*** Opening SUPPLIED RECORDS ***

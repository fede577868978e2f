//! Which slots a key may have.
//!
//! The key is hashed whole at each look, word by word, by a multiplication and a shift as in MurmurHash3. Zobrist's
//! hashing, by which game programs change a hash at each move, would cost something at each choice, also where nothing
//! is looked for. The hash becomes a slot by a multiplication (Lemire's range reduction), not by a remainder, so the
//! number of slots may be any.

ghost use Rattle.std.specs.Prelude.{◌<◌, ◌≤◌};

/// A hash of a key.
#[inline(always)]
pub fn hash_of(key: &[u64]) -> u64 {
    // (2^64 over the golden ratio, and below a factor of MurmurHash3: no clause depends on them, only how well keys
    // spread)
    let mut hash = 0x9e37_79b9_7f4a_7c15;
    for word in key {
        hash = mixed(hash ^ *word);
    }
    hash
}

/// A word of which each bit has its part in many bits of the answer.
#[inline(always)]
fn mixed(word: u64) -> u64 {
    let product = word.wrapping_mul(0xff51_afd7_ed55_8ccd);
    // (a product mixes upwards, so what the next word is mixed with has its high bits below)
    product ^ (product >> 32)
}

/// The two slots, of so many, that a key of this hash may have: the one after the other, or the last and the first.
#[inline(always)]
pub fn places_of(hash: u64, slots: usize) -> (usize, usize)
    requires some { 0 < slots }
    requires few { slots ≤ 4294967296 }
    ensures first { result.0 < slots }
    ensures second { result.1 < slots }
{
    let first = scaled(hash >> 32, slots);
    let second = if first + 1 < slots { first + 1 } else { 0 };
    (first, second)
}

/// A number below 2^32 as one below a count, in the same proportion.
// (so there may be any number of slots, and a key's slot in a larger table is no lower than in a smaller one)
#[inline(always)]
fn scaled(part: u64, count: usize) -> usize
    requires part { part < 4294967296 }
    requires some { 0 < count }
    requires few { count ≤ 4294967296 }
    ensures { result < count }
{
    (part * count as u64 >> 32) as usize
}
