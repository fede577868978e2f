//! Walks that ask a learner, and are stopped again and again.

use brancher::Outcome;
use cover_problem::Problem;
use learner::{Figures, LearnerWatch, Settings};
use question_walk::{QuestionWalk, WalkEnd};
use std::alloc::{AllocError, Global};
use used_items::with_used_items;

/// A watch that stops a learner each time that it looks so often.
#[derive(Drop)]
struct Halts {
    /// How often it has looked since it last stopped one.
    looks: u64,
    /// How often it looks before it stops one.
    most: u64,
}

impl LearnerWatch for Halts {
    fn look(&mut self, _figures: &Figures) -> bool {
        self.looks = self.looks.wrapping_add(1);
        if self.looks < self.most {
            return false;
        }
        self.looks = 0;
        true
    }
}

/// Walks to the end, and is stopped on the way. Each time that it is stopped it may go on for longer, so it comes to an
/// end.
fn walked(walk: &mut QuestionWalk<'_>) -> Result<WalkEnd, AllocError> {
    for most in 1..u64::MAX {
        let end = walk.search(&mut Halts { looks: 0, most })?;
        if end != WalkEnd::Stopped {
            return Ok(end);
        }
    }
    Ok(WalkEnd::Stopped)
}

/// Whether the end of a walk says the same as a search that ended so and found these options.
fn is_end_of(walk: &QuestionWalk<'_>, end: WalkEnd, outcome: Outcome, found: &[u16]) -> bool {
    match end {
        WalkEnd::Found => outcome == Outcome::Cover && walk.chosen() == found,
        WalkEnd::NoCover => outcome == Outcome::Barren,
        WalkEnd::Stopped => false,
    }
}

/// Whether a walk ends as such a search did; the only error is out of memory.
fn ends_so(
    mut walk: QuestionWalk<'_>,
    outcome: Outcome,
    found: &[u16],
) -> Result<bool, AllocError> {
    let end = walked(&mut walk)?;
    Ok(is_end_of(&walk, end, outcome, found))
}

/// Whether walks find the first cover where a search found these options, and else that there is none: one asks about
/// the problem itself, and one about the problem with those items made primary that each cover uses, if there are some.
/// The only error is out of memory.
pub fn is_first(
    alloc: Global,
    problem: &Problem,
    settings: Settings,
    outcome: Outcome,
    found: &[u16],
) -> Result<bool, AllocError> {
    let walk = QuestionWalk::new(alloc, problem, settings)?;
    if !ends_so(walk, outcome, found)? {
        return Ok(false);
    }
    let Some(made) = with_used_items(alloc, problem)? else {
        return Ok(true);
    };
    let walk = QuestionWalk::asking(alloc, problem, &made.problem, settings)?;
    ends_so(walk, outcome, found)
}
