/// What the header of a packet says.
#[derive(Clone, Copy)]
struct Header {
    kind: Kind,
    from: Site,
    to: Site,
}

/// Reads a header.
#[tactic(auto, unfolding(crate::specs::Reading::header_at))]
fn header_at(bytes: &[u8]) -> Result<(Header, &[u8]), WireFault>
    ensures { Gives (λ x. (x.0, x.1.now)) result (header_at bytes.now) }
{
    let (kind, rest) = start_at(bytes)?;
    let (from, rest) = site_at(rest)?;
    let (to, rest) = site_at(rest)?;
    // (refused here once, so that no step of a site has to ask who may send what)
    if !kind.is_routed(from, to) {
        return Err(WireFault::Field);
    }
    Ok((Header { kind, from, to }, rest))
}

/// Reads the number of an option.
fn option_at(bytes: &[u8]) -> Result<(u16, &[u8]), WireFault>
    ensures { Gives (λ x. (x.0, x.1.now)) result (field_at 2 is_option Field bytes.now) }
{
    let (option, rest) = u16_at(bytes)?;
    if !is_option(option) {
        return Err(WireFault::Field);
    }
    Ok((option, rest))
}

/// Reads so many numbers of options.
fn options_of(alloc: Global, count: u16, bytes: &[u8]) -> Result<(Vec<u16>, &[u8]), WireFault>
    ensures { Gives (λ x. (x.0.items, x.1.now)) result (fields_at 2 is_option count bytes.now) }
{
    // (the callers have tested the count, so forged bytes get room for 1,000 options at most)
    let mut options = Vec::with_capacity(alloc, count as usize)?;
    let mut rest = bytes;
    for _ in 0..count {
        let (option, after) = option_at(rest)?;
        options.push(option)?;
        rest = after;
    }
    Ok((options, rest))
}

/// Reads a list of at least so many options.
#[tactic(auto, unfolding(crate::specs::Reading::options_at))]
fn options_at(alloc: Global, least: usize, bytes: &[u8]) -> Result<(Numbers, &[u8]), WireFault>
    ensures { Gives (λ x. (x.0, x.1.now)) result (options_at least bytes.now) }
{
    let (count, rest) = u16_at(bytes)?;
    if !is_option_count(least, count as usize) {
        return Err(WireFault::Field);
    }
    let (options, rest) = options_of(alloc, count, rest)?;
    Ok((Numbers::from_vec(options), rest))
}

/// Reads an incarnation of a node, or an attempt.
fn counted_at(bytes: &[u8]) -> Result<(u32, &[u8]), WireFault>
    ensures { Gives (λ x. (x.0, x.1.now)) result (field_at 4 is_counted Field bytes.now) }
{
    let (number, rest) = u32_at(bytes)?;
    if !is_counted(number) {
        return Err(WireFault::Field);
    }
    Ok((number, rest))
}
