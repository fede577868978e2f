//! How much a state is worth that is kept. No contract speaks of it: whichever state gives way, the table holds nothing
//! that is wrong.

/// The worth of a state that takes so many visits: it grows with their logarithm, so that small states give way to
/// large ones, and is at most 253.
#[inline(always)]
pub fn worth_of(visits: u64) -> u8 {
    // (64 digits would make 257, more than a byte holds)
    let digits = (u64::BITS - visits.leading_zeros()).min(63);
    // (4 for each doubling: a state of twice as many visits is given up after four more keys were kept beside it)
    (digits as u8) * 4 + 1
}
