//! A slot of words among others, one behind the other.

ghost use Rattle.std.specs.Prelude.{◌≡◌, ◌+◌, ◌*◌, ◌≤◌, [], ◌∷◌, ◌++◌, length, drop, take};

/// Writes a key, and its visits behind it, from a start on.
#[inline(always)]
pub fn write_slot(words: &mut [u64], start: usize, key: &[u64], visits: u64)
    requires { start + length key.now + 1 ≤ length words.old }
    ensures { words.new ≡ take start words.old ++ ((key.now ++ visits ∷ [])
        ++ drop (start + length key.now + 1) words.old) }
{
    words[start..start + key.len()].copy_from_slice(key);
    words[start + key.len()] = visits;
}
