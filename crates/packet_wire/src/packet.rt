//! The messages of the protocol, as values; `writing` and `reading` have their bytes. docs/PROTOCOL.md says who sends
//! which, and when.
//!
//! They go by UDP: each may be lost, repeated or reordered. So none depends on an earlier one, no number counts them,
//! and each names what it is about: a child by serial and attempt, a site by node and incarnation. What somebody waits
//! for is sent again, and to receive it twice does no harm.
//!
//! GiveMany gives several children at once, so that a thief gets a share and not one leaf. It has a version of its own,
//! and the bytes of the other packets are as they are without it.

ghost use Rattle.std.specs.Prelude.{◌≡◌, ◌↔◌, IfOk, IsTrue};

use crate::incarnations::Incarnations;
use cover_problem::Numbers;
use spawn_frame::{Attempt, Cause, ChildResult, Siblings, Site};
use std::alloc::AllocError;

/// What a packet says. The child of a `Return` is of the receiver's site; that of a `Give`, `Accept`, `Refuse` or
/// `Abort`, and those of a `GiveMany`, are of the sender's. Children go by their serial number there and the attempt.
#[derive(Clone, Debug, Drop, PartialEq, Eq)]
pub enum Body {
    /// A node tells the registry that it is there.
    Hello,
    /// The registry tells a node the known incarnations.
    Members(Incarnations),
    /// A node asks for work.
    Steal,
    /// A child is given, with its prefix.
    Give {
        /// The child's serial number.
        serial: u32,
        /// Its attempt, from 1.
        attempt: Attempt,
        /// Its prefix.
        prefix: Numbers,
    },
    /// Two to eight children of one parent are given together.
    GiveMany {
        /// The parent's prefix.
        prefix: Numbers,
        /// The children, by serial.
        siblings: Siblings,
    },
    /// There is no work to give.
    NoWork,
    /// A thief returns the result of a child.
    Return {
        /// The child's serial number.
        serial: u32,
        /// Its attempt, from 1.
        attempt: Attempt,
        /// What the search of the child came to.
        result: ChildResult,
    },
    /// The owner sends the result that the child has.
    Accept {
        /// The child's serial number.
        serial: u32,
        /// Its attempt, from 1.
        attempt: Attempt,
        /// The result that the child has.
        result: ChildResult,
    },
    /// The owner refuses a result.
    Refuse {
        /// The child's serial number.
        serial: u32,
        /// The attempt that was returned, from 1.
        attempt: Attempt,
        /// Why.
        cause: Cause,
    },
    /// The owner wants the child no more.
    Abort {
        /// The child's serial number.
        serial: u32,
        /// The attempt at which it was out, from 1.
        attempt: Attempt,
    },
    /// The registry has its answer.
    Over,
}

impl Body {
    /// An equal body; the only error is out of memory.
    pub fn copy(&self) -> Result<Body, AllocError>
        ensures { IfOk result (λ copied. copied ≡ self.now) }
    {
        self.clone()
    }
}

/// A message from one site to another.
#[derive(Clone, Debug, Drop, PartialEq, Eq)]
pub struct Packet {
    /// The site that sent it.
    pub from: Site,
    /// The site that it is for.
    pub to: Site,
    /// What it says.
    pub body: Body,
}

impl Packet {
    /// Whether it is the other packet, field by field: what `==` answers.
    pub fn is_same(&self, other: &Packet) -> bool
        ensures { IsTrue result ↔ (self.now ≡ other.now) }
    {
        self == other
    }

    /// An equal packet; the only error is out of memory.
    pub fn copy(&self) -> Result<Packet, AllocError>
        ensures { IfOk result (λ copied. copied ≡ self.now) }
    {
        self.clone()
    }
}
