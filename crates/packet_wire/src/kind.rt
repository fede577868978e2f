//! The byte by which a packet says what it is, with its version. Version 2 has one kind, GiveMany, under the number of
//! Give.

ghost use Rattle.std.specs.Prelude.{◌≡◌};
ghost use Rattle.packet_wire.specs.Kinds.{is_routed, kind_number, kind_numbered, kind_of, kind_version};

use crate::packet::Body;
use crate::writing::{SECOND_VERSION, VERSION};
use spawn_frame::Site;

/// What sort of thing a packet says.
#[derive(Clone, Copy, Debug, PartialEq, Eq)]
pub(crate) enum Kind {
    Hello,
    Members,
    Steal,
    Give,
    GiveMany,
    NoWork,
    Return,
    Accept,
    Refuse,
    Abort,
    Over,
}

impl Kind {
    /// The kind of a body.
    pub(crate) fn of(body: &Body) -> Kind
        ensures { result ≡ kind_of body.now }
    {
        match body {
            Body::Hello => Kind::Hello,
            Body::Members(_) => Kind::Members,
            Body::Steal => Kind::Steal,
            Body::Give { .. } => Kind::Give,
            Body::GiveMany { .. } => Kind::GiveMany,
            Body::NoWork => Kind::NoWork,
            Body::Return { .. } => Kind::Return,
            Body::Accept { .. } => Kind::Accept,
            Body::Refuse { .. } => Kind::Refuse,
            Body::Abort { .. } => Kind::Abort,
            Body::Over => Kind::Over,
        }
    }

    /// The version of the packets of this kind.
    pub(crate) fn version(self) -> u8
        ensures { result ≡ kind_version self }
    {
        match self {
            Kind::GiveMany => SECOND_VERSION,
            _ => VERSION,
        }
    }

    /// The number that stands for the kind in its version.
    pub(crate) fn number(self) -> u8
        ensures { result ≡ kind_number self }
    {
        match self {
            Kind::Hello => 1,
            Kind::Members => 2,
            Kind::Steal => 3,
            Kind::Give | Kind::GiveMany => 4,
            Kind::NoWork => 5,
            Kind::Return => 6,
            Kind::Accept => 7,
            Kind::Refuse => 8,
            Kind::Abort => 9,
            Kind::Over => 10,
        }
    }

    /// The kind that a number stands for in a version, if any.
    pub(crate) fn numbered(version: u8, number: u8) -> Option<Kind>
        ensures { result ≡ kind_numbered version number }
    {
        if version == SECOND_VERSION {
            return if number == 4 {
                Some(Kind::GiveMany)
            } else {
                None
            };
        }
        match number {
            1 => Some(Kind::Hello),
            2 => Some(Kind::Members),
            3 => Some(Kind::Steal),
            4 => Some(Kind::Give),
            5 => Some(Kind::NoWork),
            6 => Some(Kind::Return),
            7 => Some(Kind::Accept),
            8 => Some(Kind::Refuse),
            9 => Some(Kind::Abort),
            10 => Some(Kind::Over),
            _ => None,
        }
    }

    /// Whether a packet of this kind goes from the one site to the other: they are two, and each is a node or the
    /// registry as the kind has it.
    pub(crate) fn is_routed(self, from: Site, to: Site) -> bool
        ensures { result ≡ is_routed self from to }
    {
        from.node != to.node
            && match self {
                Kind::Hello => to.node == 0,
                Kind::Members | Kind::Over => from.node == 0,
                // (the registry does no work of its own, so it neither steals nor returns)
                Kind::Steal | Kind::Return => from.node != 0,
                // (the registry has one child, the root, and nobody gives the registry work)
                Kind::GiveMany => from.node != 0 && to.node != 0,
                _ => to.node != 0,
            }
    }
}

*** Closing SUPPLIED RECORDS ***

EXERCISE DESCRIPTION = What is wanted is a copy of every line in the listing that includes the word "these".

SOLUTION TO THIS PROBLEM =
/// Whether the end of a walk says the same as a search that ended so and found these options.
/// Whether walks find the first cover where a search found these options, and else that there is none: one asks about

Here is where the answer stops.